Because of these aspects, HTTP 1.0 is gradually being replaced by
HTTP 1.1.
HTTP/1.1 Basics
HTTP/1.1 (rfc2616) is now
in widespread use. It extends the older protocol in a number of areas,
notably persistent connections/pipelining and
support for caching.
To implement Persisent Connections, HTTP/1.1
introduced a new request (and also response) header called
"Connection:
". This can take two values:
"close
" (which means that this is
not a persistent connection) and
"keep-alive
", which means that the TCP connection is
held until either side sends a
"Connection: close
" header, indicating that it
wishes to terminate.
The browser can utilise a persistent connection by sending multiple
requests over the connection without stopping and waiting for each them
to be satisfied before sending the next -- the reponses are "in the
pipeline". Similarly, the server can respond with responses sent one
after another another. This is possible because each request can be
unambiguously identified, as can the responses, using the
"Content-length:
" headers. The huge wins here,
obviously, are that there's no delay opening multiple TCP connections,
and the slow-start algorithm has time to get up to full speed.
Support for Caching in HTTP/1.1
The World Wide Web has been spectacularly successful -- so successful
that a huge proportion of Internet traffic is HTTP, ie Web pages and
related objects (eg, images). Caching is a technique
whereby copies of popular objects are kept in strategic locations, and
supplied in lieu of the originals, saving huge amounts of
traffic on the "backbone networks".
The Conditional-GET operation seen earlier allows
support for caching at the browser level -- that is,
the browser can keep a local copy of an object and check if it's up to
date before displaying it.
HTTP/1.1 adds support for proxy server caches. A proxy
server is an HTTP server which fetches Web objects (pages, images, etc)
on behalf of its clients. Requested objects are always specified as
full URLs in HTTP/1.1, so the first line of a GET
request now looks like:
GET http://www.bendigo.latrobe.edu.au/index.html HTTP/1.1
Implementing Caching
It's obvious that the proxy server can check its local cache to see if
a requested object has recently been fetched. It is slightly more
subtle to discover if it's actually the same object.

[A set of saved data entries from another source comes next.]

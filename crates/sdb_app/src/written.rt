//! Writing a report, of which only a part is in memory at a time.
ghost use Rattle.std.specs.Prelude.{◌≡◌, ◌++◌, ◌≤◌, [], OnOk, OnErr, IsErrOf, string_bytes};
ghost use Rattle.sdb_types.specs.Bytes.{Appends, HasRisen};
ghost use Rattle.sdb_model.specs.Report.{event_line, event_lines, report_text_of};
ghost use Rattle.sdb_app.specs.Promise.{IsPrefixAdded};
ghost use Rattle.sdb_app.specs.Streams.{IsWriting};

use crate::streams::write_all;
use sdb_model::{Event, Outcome, put_event_line, put_report_end, put_report_start};
use sdb_types::{Sink, SinkRefused};
use std::alloc::Global;

// How many bytes are held before they are written.
const HELD: usize = 65536;

// Writes what is held.
fn flush<W: Sink>(output: &mut W, held: &mut String) -> Result<(), SinkRefused>
    ensures all { OnOk result (Appends (string_bytes held.old) (W.written output.old) (W.written output.new)) }
    ensures none { OnOk result (string_bytes held.new ≡ []) }
    ensures prefix { OnErr result (IsPrefixAdded (string_bytes held.old) (W.written output.old) (W.written output.new)) }
    ensures later { W.faults output.old ≤ W.faults output.new }
    ensures failed { IsErrOf result SinkRefused.Failed → HasRisen (W.faults output.old) (W.faults output.new) }
{
    write_all(output, held.as_bytes())?;
    held.clear();
    Ok(())
}

// Writes what is held, where it is much.
fn flush_much<W: Sink>(output: &mut W, held: &mut String) -> Result<(), SinkRefused>
    ensures some { OnOk result (IsWriting (string_bytes held.old) (W.written output.old) (W.written output.new) (string_bytes held.new)) }
    ensures prefix { OnErr result (IsPrefixAdded (string_bytes held.old) (W.written output.old) (W.written output.new)) }
    ensures later { W.faults output.old ≤ W.faults output.new }
    ensures failed { IsErrOf result SinkRefused.Failed → HasRisen (W.faults output.old) (W.faults output.new) }
{
    if held.len() < HELD {
        return Ok(());
    }
    flush(output, held)?;
    Ok(())
}

// Writes the line of an event, or holds it.
fn write_event<W: Sink>(
    output: &mut W,
    held: &mut String,
    number: u64,
    event: &Event,
) -> Result<(), SinkRefused>
    ensures some { OnOk result (IsWriting (string_bytes held.old ++ event_line number event.now) (W.written output.old) (W.written output.new) (string_bytes held.new)) }
    ensures prefix { OnErr result (IsPrefixAdded (string_bytes held.old ++ event_line number event.now) (W.written output.old) (W.written output.new)) }
    ensures later { W.faults output.old ≤ W.faults output.new }
    ensures failed { IsErrOf result SinkRefused.Failed → HasRisen (W.faults output.old) (W.faults output.new) }
{
    let Ok(()) = put_event_line(held, number, event) else {
        return Err(SinkRefused::NoMemory);
    };
    flush_much(output, held)?;
    Ok(())
}

// Writes the lines of events, or holds them.
fn write_events<W: Sink>(
    output: &mut W,
    held: &mut String,
    events: &[Event],
) -> Result<(), SinkRefused>
    ensures some { OnOk result (IsWriting (string_bytes held.old ++ event_lines 1 events.now) (W.written output.old) (W.written output.new) (string_bytes held.new)) }
    ensures prefix { OnErr result (IsPrefixAdded (string_bytes held.old ++ event_lines 1 events.now) (W.written output.old) (W.written output.new)) }
    ensures later { W.faults output.old ≤ W.faults output.new }
    ensures failed { IsErrOf result SinkRefused.Failed → HasRisen (W.faults output.old) (W.faults output.new) }
{
    for (i, event) in events.iter().enumerate() {
        write_event(output, held, i as u64 + 1, event)?;
    }
    Ok(())
}

/// Writes the report of an outcome. Where that fails, a prefix of its text was written.
pub fn write_report<W: Sink>(
    alloc: Global,
    output: &mut W,
    outcome: &Outcome,
) -> Result<(), SinkRefused>
    ensures all { OnOk result (Appends (report_text_of outcome.now) (W.written output.old) (W.written output.new)) }
    ensures prefix { OnErr result (IsPrefixAdded (report_text_of outcome.now) (W.written output.old) (W.written output.new)) }
    ensures later { W.faults output.old ≤ W.faults output.new }
    ensures failed { IsErrOf result SinkRefused.Failed → HasRisen (W.faults output.old) (W.faults output.new) }
{
    let mut held = String::new(alloc);
    let Ok(()) = put_report_start(&mut held, &outcome.events) else {
        return Err(SinkRefused::NoMemory);
    };
    write_events(output, &mut held, outcome.events.as_slice())?;
    let Ok(()) = put_report_end(&mut held, outcome) else {
        return Err(SinkRefused::NoMemory);
    };
    flush(output, &mut held)?;
    Ok(())
}
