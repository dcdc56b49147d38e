//! The top call of the program.
#![tactic(auto)]

mod alter;
mod bench;
mod export;
mod input;
mod load;
mod places;
mod play;
mod program;
mod replay;
mod retire;
mod schema;
mod sql;
mod status;
mod streams;
mod written;

pub use program::run;
pub use status::{InputFault, Status};
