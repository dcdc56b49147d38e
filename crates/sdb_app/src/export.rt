//! The command `export`: the rows of a table, read in one transaction, as CSV.
ghost use Rattle.std.specs.Prelude.{◌≡◌, ◌<◌, [], length, IfOk, IfErr};
ghost use Rattle.sdb_app.specs.Ends.{AreKept, Stream, draws, work_on};
ghost use Rattle.sdb_app.specs.Export.{IsExported, StopsExport, status_of_export};

use crate::schema::catalog_status;
use crate::status::Status;
use sdb_catalog::open_catalog;
use sdb_shell::{ExportRefused, export_table};
use sdb_stores::Registry;
use sdb_types::{Clock, Ids, Octets, TableName};
use std::alloc::Global;

// How the program ends where a table was not exported.
fn export_status(refused: ExportRefused) -> Status
    ensures { result ≡ status_of_export refused }
{
    match refused {
        ExportRefused::NotCommitted(answer) => Status::NotCommitted(answer),
        ExportRefused::NoMemory => Status::NoMemory,
    }
}

/// Opens the catalog of the first store, and returns the rows of the table of a name as CSV, read in one transaction that is committed.
/// It reads nothing of the input.
pub fn export<S: Registry, C: Clock, I: Ids>(
    alloc: Global,
    stores: &mut S,
    clock: &mut C,
    ids: &mut I,
    name: &TableName,
) -> Result<Octets, Status>
    requires some { 0 < length (S.state stores.old).views }
    requires unplaced { (S.state stores.old).places ≡ [] }
    ensures answered { IfOk result (λ text. (input : Stream) → IsExported name.now (work_on (S.state stores.old) (S.state stores.new) input)
        (draws C.answered I.answered clock.old clock.new ids.old ids.new) text) }
    ensures err { IfErr result (λ s. (input : Stream) → StopsExport name.now (work_on (S.state stores.old) (S.state stores.new) input)
        (draws C.answered I.answered clock.old clock.new ids.old ids.new) s) }
    ensures kept { AreKept (S.state stores.old) (S.state stores.new) }
{
    let catalog = match open_catalog(alloc, stores) {
        Ok(catalog) => catalog,
        Err(refused) => return Err(catalog_status(refused)),
    };
    let Some(table) = catalog.find(name) else {
        return Err(Status::NoTable);
    };
    match export_table(alloc, &catalog, table, stores, clock, ids) {
        Ok(text) => Ok(text),
        Err(refused) => Err(export_status(refused)),
    }
}
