//! The command `sql`: a session over the catalog of the first store.
ghost use Rattle.std.specs.Prelude.{◌≡◌, ◌<◌, ◌≤◌, [], length};
ghost use Rattle.sdb_app.specs.Ends.{AreKept, ends, stream, views};
ghost use Rattle.sdb_app.specs.Sql.{HasEndedSession, status_of_session};

use crate::schema::catalog_status;
use crate::status::{InputFault, Status};
use sdb_catalog::open_catalog;
use sdb_script::LineFault;
use sdb_shell::{SessionRefused, session};
use sdb_stores::Registry;
use sdb_types::{Clock, Ids, Sink, Source};
use std::alloc::Global;

// How the program ends where a session stopped.
fn session_status(refused: SessionRefused) -> Status
    ensures { result ≡ status_of_session refused }
{
    match refused {
        SessionRefused::ReadFault => Status::ReadFault,
        SessionRefused::WriteFault => Status::WriteFault,
        SessionRefused::BadLine(n) => Status::BadInput(n, InputFault::Line(LineFault::Text)),
        SessionRefused::Limit(n, which) => Status::Limit(n, which),
        SessionRefused::NoMemory => Status::NoMemory,
    }
}

/// Opens the catalog of the first store, takes each line of the input that isn't empty as a statement of one client, and writes its answer
/// before it reads on. A transaction that is open at the end of the input is rolled back.
pub fn sql<S: Registry, R: Source, W: Sink, C: Clock, I: Ids>(
    alloc: Global,
    stores: &mut S,
    input: &mut R,
    output: &mut W,
    clock: &mut C,
    ids: &mut I,
) -> Status
    requires some { 0 < length (S.state stores.old).views }
    requires unplaced { (S.state stores.old).places ≡ [] }
    ensures ended { HasEndedSession (ends (views S.state (stream R.remaining R.faults) (stream W.written W.faults) C.answered I.answered)
        stores.old stores.new input.old input.new output.old output.new clock.old clock.new ids.old ids.new) result }
    ensures kept { AreKept (S.state stores.old) (S.state stores.new) }
    ensures counted { R.faults input.old ≤ R.faults input.new }
    ensures counted_output { W.faults output.old ≤ W.faults output.new }
{
    let catalog = match open_catalog(alloc, stores) {
        Ok(catalog) => catalog,
        Err(refused) => return catalog_status(refused),
    };
    match session(alloc, &catalog, stores, input, output, clock, ids) {
        Ok(()) => Status::Done,
        Err(refused) => session_status(refused),
    }
}
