//! Whether what was read is still there.
ghost use Rattle.std.specs.Prelude.{◌≡◌};
ghost use Rattle.sdb_types.specs.declared.value.Value.TheVariants as value;
ghost use Rattle.sdb_types.specs.Columns.{column};
ghost use Rattle.sdb_types.specs.Contents.{has_value, is_version, tx_id};
ghost use Rattle.sdb_types.specs.TxId.{id_text};
ghost use Rattle.sdb_record.specs.Meta.{id_in};
ghost use Rattle.sdb_record.specs.Moved.{condition_of, is_unchanged, same_version, version_of};

use crate::meta::id_of;
use crate::roll::has_state;
use sdb_types::{Columns, Condition, Record, State, TxId, Value, value_named};

/// The transaction that wrote a record with these columns, where they name one.
pub fn writer_of(columns: &Columns) -> Option<TxId>
    ensures { result ≡ id_in columns.now }
{
    id_of(value_named(columns.pairs(), "tx_id"))
}

fn is_written_by(columns: &Columns, id: TxId) -> bool
    ensures { result ≡ has_value (column columns.now tx_id) (value.Text (id_text id.0)) }
{
    match value_named(columns.pairs(), "tx_id") {
        Some(Value::Text(text)) => id.is_text(text.as_str()),
        _ => false,
    }
}

/// The version of what is at a key: the transaction that wrote it, or none where there is no record.
pub fn version_of(found: &Option<Record>) -> Option<TxId>
    ensures { result ≡ version_of found.now }
{
    match found {
        Some(rec) => writer_of(&rec.columns),
        None => None,
    }
}

/// Whether two versions are the same: written by one transaction, or both of no record.
pub fn is_same_version(a: Option<TxId>, b: Option<TxId>) -> bool
    ensures { result ≡ same_version a b }
{
    match (a, b) {
        (Some(a), Some(b)) => a.0 == b.0,
        (None, None) => true,
        _ => false,
    }
}

/// The condition that a version that was read is still there.
pub fn condition_of(version: Option<TxId>) -> Condition
    ensures { result ≡ condition_of version }
{
    match version {
        Some(id) => Condition::Version(id, State::Committed),
        None => Condition::Absent,
    }
}

/// Whether a record is the version of a transaction in a state.
pub fn has_version(rec: &Record, id: TxId, state: State) -> bool
    ensures { result ≡ is_version id state rec.now }
{
    is_written_by(&rec.columns, id) && has_state(&rec.columns, state)
}

/// Whether what is found at a key is still what was read there: the committed record of that transaction, or none.
pub fn is_unchanged(found: &Option<Record>, version: Option<TxId>) -> bool
    ensures { result ≡ is_unchanged found.now version }
{
    match (found, version) {
        (Some(rec), Some(id)) => has_version(rec, id, State::Committed),
        (None, None) => true,
        _ => false,
    }
}
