//! The command `alter`: a column is added to a table of the catalog.
ghost use Rattle.std.specs.Prelude.{◌≡◌, ◌<◌, [], length, nat_le, true, IfOk, IfErr};
ghost use Rattle.sdb_app.specs.Alter.{IsColumnAnswered, StopsAlter, status_of_alter};
ghost use Rattle.sdb_app.specs.Ends.{AreKept, Stream, work_on};

use crate::schema::text_of;
use crate::status::Status;
use sdb_catalog::{AlterRefused, alter_table};
use sdb_schema::{Column, Kind};
use sdb_stores::Registry;
use sdb_types::{Duplicate, Name, NoMemory, Octets, TableName};
use std::alloc::Global;

// How the program ends where there is no answer.
fn alter_status(refused: AlterRefused) -> Status
    ensures { result ≡ status_of_alter refused }
{
    match refused {
        AlterRefused::StoreFault => Status::StoreFault,
        AlterRefused::BadRow(key) => Status::BadStore(key),
        AlterRefused::NoTable => Status::NoTable,
        AlterRefused::NoMemory => Status::NoMemory,
    }
}

fn column_of(name: &Name, kind: Kind) -> Result<Column, NoMemory>
    ensures { IfOk result (λ c. c ≡ record { name = name.now; kind = kind }) }
{
    Ok(Column {
        name: name.copy()?,
        kind,
    })
}

/// Adds a column of this name and kind to the table of a name in the catalog of the first store. The name has at most 64 bytes. Returns one
/// line. It reads nothing of the input.
pub fn alter<S: Registry>(
    alloc: Global,
    stores: &mut S,
    table: &TableName,
    name: &Name,
    kind: Kind,
) -> Result<Octets, Status>
    requires some { 0 < length (S.state stores.old).views }
    requires unplaced { (S.state stores.old).places ≡ [] }
    requires short { nat_le (length name.now) 64 ≡ true }
    ensures answered { IfOk result (λ text. (input : Stream) → IsColumnAnswered table.now (record { name = name.now; kind = kind }) (work_on (S.state stores.old) (S.state stores.new) input) text) }
    ensures err { IfErr result (λ s. (input : Stream) → StopsAlter table.now (record { name = name.now; kind = kind }) (work_on (S.state stores.old) (S.state stores.new) input) s) }
    ensures kept { AreKept (S.state stores.old) (S.state stores.new) }
{
    let Ok(column) = column_of(name, kind) else {
        return Err(Status::NoMemory);
    };
    match alter_table(alloc, stores, table, &column) {
        Ok(answer) => text_of(alloc, &answer),
        Err(refused) => Err(alter_status(refused)),
    }
}
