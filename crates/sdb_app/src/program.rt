//! The top call.
ghost use Rattle.std.specs.Prelude.{◌≡◌, ◌≢◌, ◌↔◌, ◌<◌, ◌≤◌, [], length, map, string_bytes, IfOk, IfErr, IsTrue};
ghost use Rattle.sdb_stores.specs.Views.{AreDistinct, names_of};
ghost use Rattle.sdb_words.specs.Commands.{AreWordsOf};
ghost use Rattle.sdb_model.specs.Report.{report_text_of};
ghost use Rattle.sdb_app.specs.Ends.{AreKept, AreKeptOr, Draws, IsUndrawn, draws, ends, stream, views, work_of};
ghost use Rattle.sdb_app.specs.Promise.{AnswersOnce, Drops, EndsAs, EndsOnce, HasEnded, IsNoCommand, IsWritten, WordsDrop, promise_of};

use crate::alter::alter;
use crate::bench::bench;
use crate::export::export;
use crate::load::load;
use crate::replay::replay;
use crate::retire::retire;
use crate::schema::schema;
use crate::sql::sql;
use crate::status::Status;
use crate::streams::write_all;
use crate::written::write_report;
use sdb_model::Outcome;
use sdb_stores::Registry;
use sdb_types::{Clock, Ids, Names, Octets, Sink, SinkRefused, Source};
use sdb_words::{Command, WordsRefused, command_of};
use std::alloc::Global;

// The command of these words, over stores of these names.
fn command_in(alloc: Global, words: &[String], stores: &Names) -> Result<Command, Status>
    ensures ok { IfOk result (λ c. AreWordsOf stores.now c (map string_bytes words.now)) }
    ensures err { IfErr result (IsNoCommand stores.now (map string_bytes words.now)) }
{
    match command_of(alloc, words, stores) {
        Ok(command) => Ok(command),
        Err(WordsRefused::Usage) => Err(Status::Usage),
        Err(WordsRefused::NoMemory) => Err(Status::NoMemory),
    }
}

// What a command answers.
fn answer<S: Registry, R: Source, C: Clock, I: Ids>(
    alloc: Global,
    command: &Command,
    stores: &mut S,
    input: &mut R,
    clock: &mut C,
    ids: &mut I,
    names: &Names,
) -> Result<Octets, Status>
    requires some { 0 < length (S.state stores.old).views }
    requires unplaced { (S.state stores.old).places ≡ [] }
    requires distinct { AreDistinct (names_of (S.state stores.old).views) }
    requires names { names.now ≡ names_of (S.state stores.old).views }
    requires once { AnswersOnce (names_of (S.state stores.old).views) command.now }
    requires text { command.now ≢ Command.Replay }
    ensures answered { IfOk result (λ text. (promise_of command.now (work_of S.state (stream R.remaining R.faults) stores.old stores.new input.old input.new)
        (draws C.answered I.answered clock.old clock.new ids.old ids.new)).answers text) }
    ensures err { IfErr result (promise_of command.now (work_of S.state (stream R.remaining R.faults) stores.old stores.new input.old input.new)
        (draws C.answered I.answered clock.old clock.new ids.old ids.new)).stops }
    ensures kept { AreKeptOr (Drops command.now) (S.state stores.old) (S.state stores.new) }
    ensures counted { R.faults input.old ≤ R.faults input.new }
{
    match command {
        Command::Replay => unreachable!(),
        Command::Bench(n) => bench(alloc, stores, *n, names),
        Command::Schema(places) => schema(alloc, stores, input, places.as_slice()),
        Command::Sql => unreachable!(),
        Command::Load(table, mode, n) => load(alloc, stores, input, clock, ids, table, *mode, *n),
        Command::Export(table) => export(alloc, stores, clock, ids, table),
        Command::Retire(from, to) => retire(alloc, stores, from, to),
        Command::Alter(table, name, kind) => alter(alloc, stores, table, name, *kind),
        Command::Audit => Err(Status::Usage),
    }
}

// Writes the answer of a command.
fn write<W: Sink>(output: &mut W, text: &[u8]) -> Status
    ensures written { IsWritten text.now (stream W.written W.faults output.old) (stream W.written W.faults output.new) result }
    ensures counted { W.faults output.old ≤ W.faults output.new }
{
    match write_all(output, text) {
        Ok(()) => Status::Done,
        Err(SinkRefused::Failed) => Status::WriteFault,
        Err(SinkRefused::NoMemory) => Status::NoMemory,
    }
}

// Writes the report of an outcome.
fn write_outcome<W: Sink>(alloc: Global, output: &mut W, outcome: &Outcome) -> Status
    ensures written { IsWritten (report_text_of outcome.now) (stream W.written W.faults output.old) (stream W.written W.faults output.new) result }
    ensures counted { W.faults output.old ≤ W.faults output.new }
{
    match write_report(alloc, output, outcome) {
        Ok(()) => Status::Done,
        Err(SinkRefused::Failed) => Status::WriteFault,
        Err(SinkRefused::NoMemory) => Status::NoMemory,
    }
}

// Whether the command runs a script.
fn is_replay(command: &Command) -> bool
    ensures { IsTrue result ↔ command.now ≡ Command.Replay }
{
    matches!(command, Command::Replay)
}

// Runs a script, and writes the report of its run.
fn replay_once<S: Registry, R: Source, W: Sink>(
    alloc: Global,
    stores: &mut S,
    input: &mut R,
    output: &mut W,
    names: &Names,
) -> Status
    requires some { 0 < length (S.state stores.old).views }
    requires unplaced { (S.state stores.old).places ≡ [] }
    requires distinct { AreDistinct (names_of (S.state stores.old).views) }
    requires names { names.now ≡ names_of (S.state stores.old).views }
    ensures ended { (d : Draws) → IsUndrawn d → EndsOnce Command.Replay (work_of S.state (stream R.remaining R.faults) stores.old stores.new input.old input.new)
        d (stream W.written W.faults output.old) (stream W.written W.faults output.new) result }
    ensures kept { AreKept (S.state stores.old) (S.state stores.new) }
    ensures counted { R.faults input.old ≤ R.faults input.new }
    ensures counted_output { W.faults output.old ≤ W.faults output.new }
{
    match replay(alloc, stores, input, names) {
        Ok(outcome) => write_outcome(alloc, output, &outcome),
        Err(status) => status,
    }
}

// Whether the command is a session.
fn is_session(command: &Command) -> bool
    ensures { IsTrue result ↔ command.now ≡ Command.Sql }
{
    matches!(command, Command::Sql)
}

// Does the work of a command, and writes what it answers.
fn answer_once<S: Registry, R: Source, W: Sink, C: Clock, I: Ids>(
    alloc: Global,
    command: &Command,
    stores: &mut S,
    input: &mut R,
    output: &mut W,
    clock: &mut C,
    ids: &mut I,
    names: &Names,
) -> Status
    requires some { 0 < length (S.state stores.old).views }
    requires unplaced { (S.state stores.old).places ≡ [] }
    requires distinct { AreDistinct (names_of (S.state stores.old).views) }
    requires names { names.now ≡ names_of (S.state stores.old).views }
    requires once { AnswersOnce (names_of (S.state stores.old).views) command.now }
    ensures ended { EndsOnce command.now (work_of S.state (stream R.remaining R.faults) stores.old stores.new input.old input.new)
        (draws C.answered I.answered clock.old clock.new ids.old ids.new) (stream W.written W.faults output.old) (stream W.written W.faults output.new) result }
    ensures kept { AreKeptOr (Drops command.now) (S.state stores.old) (S.state stores.new) }
    ensures counted { R.faults input.old ≤ R.faults input.new }
    ensures counted_output { W.faults output.old ≤ W.faults output.new }
{
    if is_replay(command) {
        return replay_once(alloc, stores, input, output, names);
    }
    match answer(alloc, command, stores, input, clock, ids, names) {
        Ok(text) => write(output, text.as_slice()),
        Err(status) => status,
    }
}

// Does what a command asks for.
fn perform<S: Registry, R: Source, W: Sink, C: Clock, I: Ids>(
    alloc: Global,
    command: &Command,
    stores: &mut S,
    input: &mut R,
    output: &mut W,
    clock: &mut C,
    ids: &mut I,
    names: &Names,
) -> Status
    requires some { 0 < length (S.state stores.old).views }
    requires unplaced { (S.state stores.old).places ≡ [] }
    requires distinct { AreDistinct (names_of (S.state stores.old).views) }
    requires names { names.now ≡ names_of (S.state stores.old).views }
    requires once { command.now ≢ Command.Sql → AnswersOnce (names_of (S.state stores.old).views) command.now }
    ensures ended { EndsAs command.now (ends (views S.state (stream R.remaining R.faults) (stream W.written W.faults) C.answered I.answered)
        stores.old stores.new input.old input.new output.old output.new clock.old clock.new ids.old ids.new) result }
    ensures kept { AreKeptOr (Drops command.now) (S.state stores.old) (S.state stores.new) }
    ensures counted { R.faults input.old ≤ R.faults input.new }
    ensures counted_output { W.faults output.old ≤ W.faults output.new }
{
    if is_session(command) {
        sql(alloc, stores, input, output, clock, ids)
    } else {
        answer_once(alloc, command, stores, input, output, clock, ids, names)
    }
}

/// Runs the program on its words, those after its name, and on the stores of a registry, at least one.
///
/// It takes all places away first. A session answers line by line. Each other command does its work before it writes anything, and what it
/// answers is then written. What is promised of the contents of stores is promised where they are known. All stores stay
/// attached, but for the one that `retire` drops (`kept`).
pub fn run<S: Registry, R: Source, W: Sink, C: Clock, I: Ids>(
    alloc: Global,
    words: &[String],
    stores: &mut S,
    input: &mut R,
    output: &mut W,
    clock: &mut C,
    ids: &mut I,
) -> Status
    requires { 0 < length (S.state stores.old).views }
    // It ends as the command of these words may end, or as words of no command do.
    ensures ended { HasEnded (map string_bytes words.now) (ends (views S.state (stream R.remaining R.faults) (stream W.written W.faults) C.answered I.answered)
        stores.old stores.new input.old input.new output.old output.new clock.old clock.new ids.old ids.new) result }
    ensures kept { AreKeptOr (WordsDrop (names_of (S.state stores.old).views) (map string_bytes words.now)) (S.state stores.old) (S.state stores.new) }
    ensures counted { R.faults input.old ≤ R.faults input.new }
    ensures counted_output { W.faults output.old ≤ W.faults output.new }
{
    stores.clear_places();
    let Ok(names) = stores.names() else {
        return Status::NoMemory;
    };
    let command = match command_in(alloc, words, &names) {
        Ok(command) => command,
        Err(status) => return status,
    };
    perform(alloc, &command, stores, input, output, clock, ids, &names)
}
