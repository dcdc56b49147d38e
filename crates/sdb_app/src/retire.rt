//! The command `retire`: everything in a store moves to another, and the store is dropped.
ghost use Rattle.std.specs.Prelude.{◌≡◌, IfOk, IfErr};
ghost use Rattle.sdb_stores.specs.Views.{names_of};
ghost use Rattle.sdb_contents.specs.Dropped.{MayRetire};
ghost use Rattle.sdb_contents.specs.Retired.{sides};
ghost use Rattle.sdb_app.specs.Ends.{AreKeptOr, Stream, work_on};
ghost use Rattle.sdb_app.specs.Retire.{IsStoreRetired, StopsRetire, moved_text, status_of_retire};

use crate::status::Status;
use itoa::Buffer;
use sdb_contents::{RetireRefused, retire as retire_store};
use sdb_stores::Registry;
use sdb_types::{Name, NoMemory, Octets};
use std::alloc::Global;

// How the program ends where a store was not retired.
fn retire_status(refused: RetireRefused) -> Status
    ensures { result ≡ status_of_retire refused }
{
    match refused {
        RetireRefused::StoreFault => Status::StoreFault,
        RetireRefused::BadRow(key) => Status::BadStore(key),
        RetireRefused::NoMemory => Status::NoMemory,
    }
}

// The line of the answer.
fn moved_line(alloc: Global, count: u64) -> Result<Octets, NoMemory>
    ensures { IfOk result (λ text. text ≡ moved_text count) }
{
    let mut text = Octets::from_slice(alloc, b"moved ")?;
    text.extend_from_slice(Buffer::new().format(count).as_bytes())?;
    text.push(b'\n')?;
    Ok(text)
}

// The answer of a store that was retired.
fn text_of(alloc: Global, count: u64) -> Result<Octets, Status>
    ensures ok { IfOk result (λ text. text ≡ moved_text count) }
    ensures err { IfErr result (λ s. s ≡ Status.NoMemory) }
{
    match moved_line(alloc, count) {
        Ok(text) => Ok(text),
        Err(_) => Err(Status::NoMemory),
    }
}

/// Moves everything of the catalog that is in the store `from` to the store `to`, and drops `from`. Returns one line, with the number of
/// records that were copied. It reads nothing of the input.
pub fn retire<S: Registry>(
    alloc: Global,
    stores: &mut S,
    from: &Name,
    to: &Name,
) -> Result<Octets, Status>
    requires may { MayRetire (names_of (S.state stores.old).views) (sides from.now to.now) }
    ensures answered { IfOk result (λ text. (input : Stream) → IsStoreRetired (sides from.now to.now) (work_on (S.state stores.old) (S.state stores.new) input) text) }
    ensures err { IfErr result (λ s. (input : Stream) → StopsRetire (sides from.now to.now) (work_on (S.state stores.old) (S.state stores.new) input) s) }
    ensures kept { AreKeptOr (λ name. name ≡ from.now) (S.state stores.old) (S.state stores.new) }
{
    match retire_store(alloc, stores, from, to) {
        Ok(count) => text_of(alloc, count),
        Err(refused) => Err(retire_status(refused)),
    }
}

HTTP/1.1 adds some new response headers to ensure that caching works
correctly:
Expires: Tue, 20 Mar 2001 02:22:52 GMT
Pragma: no-cache
- An object can be marked as having a limited lifetime, and once
the specified date/time has passed must be re-fetched from the
originating server. Also, an object can be flagged as
"un-cachable". These were both present in HTTP/1.0.
Etag: "8802-2c72-3ab178fc"
- This is the "Entity Tag", and is used to discover, with
somewhat greater certainty, if the object (or entity) in the local
cache is exactly the same object (eg, isn't
different in any way) as the object stored on the remote server.
The client can use an
If-None-Match: "8802-2c72-3ab178fc"
header with a GET request to specify the version of the object
which it already has. This is a significant improvement over the
HTTP/1.0 "Conditional-GET". Note that HTTP/1.1 has a large number
of other operations which can be used with Entity Tags.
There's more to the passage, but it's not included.